Una casa che vale poco si può pignorare?

> Diritto e Fisco Pubblicato il 17 aprile 2017



Il pignoramento immobiliare, se svolto da un creditore privato, non ha limiti di importo; invece, il pignoramento immobiliare avviato dal Fisco (Agenzia delle Entrate) deve rispettare dei limiti.

Non esistono limiti da rispettare per avviare un pignoramento sulla casa del debitore: salvo alcune forme e garanzie imposte dal codice di procedura civile, la legge non prevede barriere al valore del credito o dell’immobile da mettere all’asta. Salvo che il creditore si chiami Fisco. Se, infatti, in linea generale, una casa che vale poco si può pignorare, non è così se, invece, ad avviare l’esecuzione forzata è l’Agente della riscossione.

Di tutti i paletti imposti al pignoramento della casa abbiamo già parlato nell’articolo Quando il fisco può pignorare la casa. In questa sede, però, ci occuperemo in modo più specifico della possibilità di pignorare una casa che vale poco.

Qualora il pignoramento immobiliare sia avviato da un privato, questi ha solo l’obbligo di rispettare le procedure imposte dalla legge (legge che impone una distinta sequela di atti: notifica dell’atto di precetto e dell’atto di pignoramento a tutti i debitori e ai contitolari dell’immobile; deposito della documentazione ipocatastale in tribunale; nomina di un perito per la valutazione dell’immobile; vendita all’asta secondo le procedure decise dal giudice dell’esecuzione).
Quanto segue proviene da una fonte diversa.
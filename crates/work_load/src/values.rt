//! What a JSON value is read as: a whole number in its range, or a list.
ghost use Rattle.std.specs.Prelude.{◌≡◌, ◌≤◌, ◌<◌, ◌-◌, unsigned_abs, map, Ok, Err, IfOk, MatchResult, unwrap_or, option_map};
ghost use Rattle.serde_json.specs.View.{view};
ghost use Rattle.run_model.specs.declared.status.LoadKind.TheVariants.{Shape};
ghost use Rattle.work_load.specs.Values.{rank, earlier, both, natural, signed, listed};

use run_model::LoadKind;
use serde_json::Value;

// The order in which the kinds of faults are tried.
fn rank(kind: LoadKind) -> u8
    ensures { result ≡ rank kind }
{
    match kind {
        LoadKind::NotJson => 0,
        LoadKind::Shape => 1,
        LoadKind::Range => 2,
        LoadKind::Twice => 3,
        LoadKind::LoansOver => 4,
        LoadKind::Same => 5,
        LoadKind::Unordered => 6,
    }
}

// Of two kinds the one that is tried first.
fn earlier(first: LoadKind, second: LoadKind) -> LoadKind
    ensures { result ≡ earlier first second }
{
    if rank(second) < rank(first) {
        second
    } else {
        first
    }
}

/// The fault of what was read so far and of one more.
pub(crate) fn earliest(fault: Option<LoadKind>, kind: LoadKind) -> LoadKind
    ensures { result ≡ unwrap_or (option_map (λ first. earlier first kind) fault) kind }
{
    match fault {
        Some(first) => earlier(first, kind),
        None => kind,
    }
}

// Two things that stand together.
pub(crate) fn both<A: Copy, B: Copy>(
    first: Result<A, LoadKind>,
    second: Result<B, LoadKind>,
) -> Result<(A, B), LoadKind>
    ensures { result ≡ both first second }
{
    match (first, second) {
        (Ok(x), Ok(y)) => Ok((x, y)),
        (Ok(_), Err(kind)) => Err(kind),
        (Err(kind), Ok(_)) => Err(kind),
        (Err(first), Err(second)) => Err(earlier(first, second)),
    }
}

// A whole number from `least` to `most`.
#[tactic(auto, unfolding(crate::specs::Values::natural))]
pub(crate) fn natural(value: &Value, least: u64, most: u64) -> Result<u64, LoadKind>
    ensures number { result ≡ natural least most (view value.now) }
    ensures low { IfOk result (λ number. least ≤ number) }
    ensures high { IfOk result (λ number. number ≤ most) }
{
    match value.as_u64() {
        Some(number) if least <= number && number <= most => Ok(number),
        Some(_) => Err(LoadKind::Range),
        None if value.is_i64() => Err(LoadKind::Range),
        None => Err(LoadKind::Shape),
    }
}

// A whole number from -size to size.
#[tactic(auto, unfolding(crate::specs::Values::signed))]
pub(crate) fn signed(value: &Value, size: u64) -> Result<i64, LoadKind>
    ensures number { result ≡ signed size (view value.now) }
    ensures within { IfOk result (λ number. unsigned_abs number ≤ size) }
{
    match value.as_i64() {
        Some(number) if number.unsigned_abs() <= size => Ok(number),
        Some(_) => Err(LoadKind::Range),
        None if value.is_u64() => Err(LoadKind::Range),
        None => Err(LoadKind::Shape),
    }
}

/// A number below `count`: of a replica, a conit or a client.
pub(crate) fn number_below(value: &Value, count: u32) -> Result<u32, LoadKind>
    requires { 0 < count }
    ensures number { result ≡ natural 0 (count - 1) (view value.now) }
    ensures below { IfOk result (λ number. number < count) }
{
    Ok(natural(value, 0, u64::from(count - 1))? as u32)
}

// The items of a list.
#[tactic(auto, unfolding(crate::specs::Values::listed))]
pub(crate) fn listed(value: &Value) -> Result<&[Value], LoadKind>
    ensures { MatchResult result
        (λ items. listed (view value.now) ≡ Ok (map view items.now))
        (λ kind. listed (view value.now) ≡ Err kind) }
{
    match value.as_array() {
        Some(items) => Ok(items.as_slice()),
        None => Err(LoadKind::Shape),
    }
}
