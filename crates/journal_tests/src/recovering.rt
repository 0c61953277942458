//! What a journal gives back, and where it is refused.

use crate::journaled::Journaled;
use crate::pieces::{KINDS, again, of_kind, restart, take};
use restart_journal::RecoverFault;
use std::alloc::Global;
use std::process::Abort;
use std::test::Fail;
use tact_base::{Bytes, HISTORY_MAX};
use tact_io::JournalFail;

// Puts a piece with one byte more.
fn put_longer(alloc: Global, journal: &mut Journaled, piece: &[u8]) -> Result<(), Fail> {
    let mut longer = Bytes::from_slice(alloc, piece)?;
    longer.push(0)?;
    journal.put(longer.items())
}

// Nothing is read from an empty journal; then the first piece is that of an entry, and the second one has a byte more.
fn assert_longer(rt: &(impl Abort + AllocGlobal), journal: &mut Journaled) -> Result<(), Fail> {
    assert!(rt; journal.gives(0));
    journal.put(take())?;
    assert!(rt; journal.gives(1));
    put_longer(rt.alloc(), journal, again())?;
    assert!(rt; journal.fails(RecoverFault::Foreign { place: 1 }));
    Ok(())
}

#[test]
fn a_byte_more(rt: HostRuntime) -> Result<(), Fail> {
    let mut journal = Journaled::new(rt.alloc(), &[])?;
    assert_longer(&rt, &mut journal)
}

// A byte of the piece at a place, and another that can't stand there after the pieces before.
struct Change {
    place: usize,
    at: usize,
    byte: u8,
}

#[rattlefmt::skip]
static CHANGES: [(Change, &str); 10] = [
    (Change { place: 2, at: 18, byte: 1 }, "a call's number"),
    (Change { place: 2, at: 71, byte: 3 }, "its reply"),
    (Change { place: 4, at: 18, byte: 1 }, "a send's number"),
    (Change { place: 4, at: 26, byte: 2 }, "its first"),
    (Change { place: 5, at: 19, byte: 7 }, "a loan past what is at home"),
    (Change { place: 6, at: 19, byte: 6 }, "a return past what is free"),
    (Change { place: 7, at: 1, byte: 0 }, "another replica"),
    (Change { place: 7, at: 9, byte: 4 }, "an earlier moment"),
    (Change { place: 7, at: 0, byte: 7 }, "a tag that is none"),
    (Change { place: 0, at: 15, byte: 0 }, "a message to another"),
];

// The piece of each kind at a place, with the change if it stands there.
fn piece_with(alloc: Global, place: usize, change: &Change) -> Result<Vec<u8>, Fail> {
    let mut piece = Vec::from_slice(alloc, of_kind(place))?;
    if place == change.place {
        set(&mut piece, change.at, change.byte);
    }
    Ok(piece)
}

fn set(bytes: &mut [u8], at: usize, byte: u8) {
    if at < bytes.len() {
        bytes[at] = byte;
    }
}

// Puts a piece of each kind, one of which has this change.
fn put_changed(alloc: Global, journal: &mut Journaled, change: &Change) -> Result<(), Fail> {
    for place in 0..KINDS {
        let piece = piece_with(alloc, place, change)?;
        journal.put(&piece)?;
    }
    Ok(())
}

// Whether a journal of these is refused just where the change is.
fn is_refused(alloc: Global, change: &Change) -> Result<bool, Fail> {
    let mut journal = Journaled::new(alloc, &[])?;
    put_changed(alloc, &mut journal, change)?;
    let place = change.place as u64;
    Ok(journal.fails(RecoverFault::Foreign { place }))
}

#[test]
fn changed_pieces(rt: HostRuntime) -> Result<(), Fail> {
    for (change, text) in &CHANGES {
        assert!(rt; is_refused(rt.alloc(), change)?, "{text}");
    }
    Ok(())
}

// The read of the second piece fails, and the next time none does.
fn assert_failing(rt: &impl Abort, journal: &mut Journaled) -> Result<(), Fail> {
    journal.put(take())?;
    journal.put(again())?;
    assert!(rt; journal.fails(RecoverFault::JournalReadFault));
    assert!(rt; journal.gives(2));
    Ok(())
}

#[test]
fn a_failing_read(rt: HostRuntime) -> Result<(), Fail> {
    let fail = JournalFail {
        call: 3,
        kept: false,
    };
    let mut journal = Journaled::new(rt.alloc(), &[fail])?;
    assert_failing(&rt, &mut journal)
}

// As many entries as there can be.
fn fill(journal: &mut Journaled) -> Result<(), Fail> {
    for _ in 0..HISTORY_MAX {
        journal.put(restart())?;
    }
    Ok(())
}

// Then one piece more, whatever it holds.
fn assert_full(rt: &impl Abort, journal: &mut Journaled) -> Result<(), Fail> {
    assert!(rt; journal.gives(20_000));
    journal.put(b"whatever")?;
    assert!(rt; journal.fails(RecoverFault::Full { place: 20_000 }));
    Ok(())
}

#[test]
fn as_many_as_there_can_be(rt: HostRuntime) -> Result<(), Fail> {
    let mut journal = Journaled::new(rt.alloc(), &[])?;
    fill(&mut journal)?;
    assert_full(&rt, &mut journal)
}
Non vi sono però vincoli al valore del credito azionabile o dell’immobile aggredibile. Il creditore è così libero di eseguire un pignoramento immobiliare anche per un credito di poche migliaia di euro (sebbene ne dovrà spendere molti di più in costi vivi). È altresì libero di scegliere il bene da aggredire secondo valutazioni di convenienza che lui solo può fare. Dunque, una casa che vale poco si può pignorare e, se il ricavato non è sufficiente a soddisfare il credito, potranno essere sottoposti ad esecuzione forzata anche altri beni del debitore.
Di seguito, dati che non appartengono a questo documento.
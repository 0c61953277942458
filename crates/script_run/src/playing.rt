//! `play`: a script in, the text of its run out.
ghost use Rattle.std.specs.Prelude.{◌≡◌, ◌≤◌, ◌⊎◌, length, IfOk};
ghost use Rattle.run_model.specs.ScriptRuns.{play_text};
ghost use Rattle.run_model.specs.declared.status.Status.TheVariants.{Done, NoMemory as OutOfMemory};
ghost use Rattle.tact_base.specs.declared.limits.TheConstants.{SCRIPT_LINES};
ghost use Rattle.tact_io.specs.Faults.{HasRisen};
ghost use Rattle.script_text.specs.Scripts.{IsScript};
ghost use Rattle.script_text.specs.Setups.{setup_of};
ghost use Rattle.script_run.specs.Playing.{Completes, HasCause, IsWritten, Writes, WritesText};

use crate::page::Page;
use crate::stage::{Stage, step_all};
use crate::witness::Count;
use run_model::{InputKind, Status, end_of, head_of};
use script_text::{Script, ScriptFault, parse_script};
use std::alloc::Global;
use tact_base::{Bytes, INPUT_MAX, NoMemory};
use tact_io::{OutFault, ReadEnd, Sink, Source, read_all, write_all};

/// Reads a script to its end, runs it, and writes the text of the run: the lines that a record begins
/// with, for each line of the script what it prints, and the line with the count of entries.
///
/// - `BadInput`: what was read is no script; its first line at fault, counted from 1, and the fault.
/// - `TooLong`: the source gave more than 67,108,864 bytes.
/// - `ReadFault`: the source failed in this call.
/// - `WriteFault`: the sink failed in this call. A front of the text was written.
/// - `NoMemory`: an allocation was refused. Nothing was written, or a front of the text.
///
/// After each answer but Done, WriteFault and NoMemory nothing was written.
pub fn play<S: Source, K: Sink>(alloc: Global, source: &mut S, sink: &mut K) -> Status
    ensures cause { HasCause result (S.left source.old) (S.left source.new) (S.faults source.old) (S.faults source.new) (K.faults sink.old) (K.faults sink.new) }
    ensures written { Writes result (S.left source.old) (K.written sink.old) (K.written sink.new) }
    ensures reads_never_fall { S.faults source.old ≤ S.faults source.new }
    ensures writes_never_fall { K.faults sink.old ≤ K.faults sink.new }

    ensures complete { Completes result (S.left source.old) (S.faults source.old) (S.faults source.new) (K.faults sink.old) (K.faults sink.new) }
{
    let input = match read_all(alloc, source, INPUT_MAX) {
        Ok(input) => input,
        Err(ReadEnd::TooLong) => return Status::TooLong,
        Err(ReadEnd::Fault) => return Status::ReadFault,
        Err(ReadEnd::NoMemory) => return Status::NoMemory,
    };
    let script = match parse_script(alloc, input.items()) {
        Ok(script) => script,
        Err(ScriptFault::NoMemory) => return Status::NoMemory,
        Err(ScriptFault::Bad { place, kind }) => {
            return Status::BadInput {
                place,
                kind: InputKind::Line(kind),
            };
        }
    };
    match text_of(alloc, &script) {
        Ok(text) => written(sink, text.items()),
        Err(NoMemory) => Status::NoMemory,
    }
}

// The status after the text was written, or a front of it.
fn written<K: Sink>(sink: &mut K, text: &[u8]) -> Status
    ensures outcome { IsWritten result (K.faults sink.old) (K.faults sink.new) }
    ensures written { WritesText text.now result (K.written sink.old) (K.written sink.new) }
    ensures never_falls { K.faults sink.old ≤ K.faults sink.new }
    ensures complete { ¬ HasRisen (K.faults sink.old) (K.faults sink.new) → (result ≡ Done) ⊎ (result ≡ OutOfMemory) }
{
    match write_all(sink, text) {
        Ok(()) => Status::Done,
        Err(OutFault::Failed) => Status::WriteFault,
        Err(OutFault::NoMemory) => Status::NoMemory,
    }
}

// For how many bytes of text memory is taken at first, if it can be had.
const AMPLE: usize = 131_072;

// The text of the script's run.
fn text_of(alloc: Global, script: &Script) -> Result<Bytes, NoMemory>
    requires script { IsScript script.now }
    requires few { length script.now ≤ SCRIPT_LINES }
    ensures { IfOk result (λ text. text ≡ play_text (setup_of script.now) script.now) }
{
    let mut page = Page::with(Bytes::ample(alloc, AMPLE));
    head_of(script.config(), &mut page.text)?;
    let mut stage = Stage::new(alloc, script.config(), true)?;
    let mut count = Count { entries: 0 };
    step_all(&mut stage, script.lines(), &mut count, &mut page)?;
    end_of(count.entries, &mut page.text)?;
    Ok(page.into_text())
}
A fronte di tale libertà per il creditore privato corrispondono invece una serie di limiti se il creditore è l’Agenzia delle Entrate o meglio, l’Agente della riscossione (che, dal 1° luglio 2017, sostituisce Equitalia). Quali sono questi limiti?

Innanzitutto il valore del credito: non si può pignorare la casa del debitore se il debito accumulato e scaduto è inferiore a 120mila euro, fermo comunque il divieto di pignoramento dell’abitazione principale di residenza.

Il secondo limite è quello del valore dell’immobile da mettere all’asta: si può pignorare una casa che vale poco? La risposta è no se il valore dell’immobile è inferiore a 120mila euro e se il debitore non ha altri immobili. Se invece è titolare di altri immobili, la somma di questi non deve superare 120mila euro. In entrambi i casi il pignoramento è vietato.

Al contrario, il pignoramento è consentito se il debitore ha più immobili che valgono, sommati tra loro, più di 120mila euro oppure se è titolare di un solo immobile che vale più di 120mila euro.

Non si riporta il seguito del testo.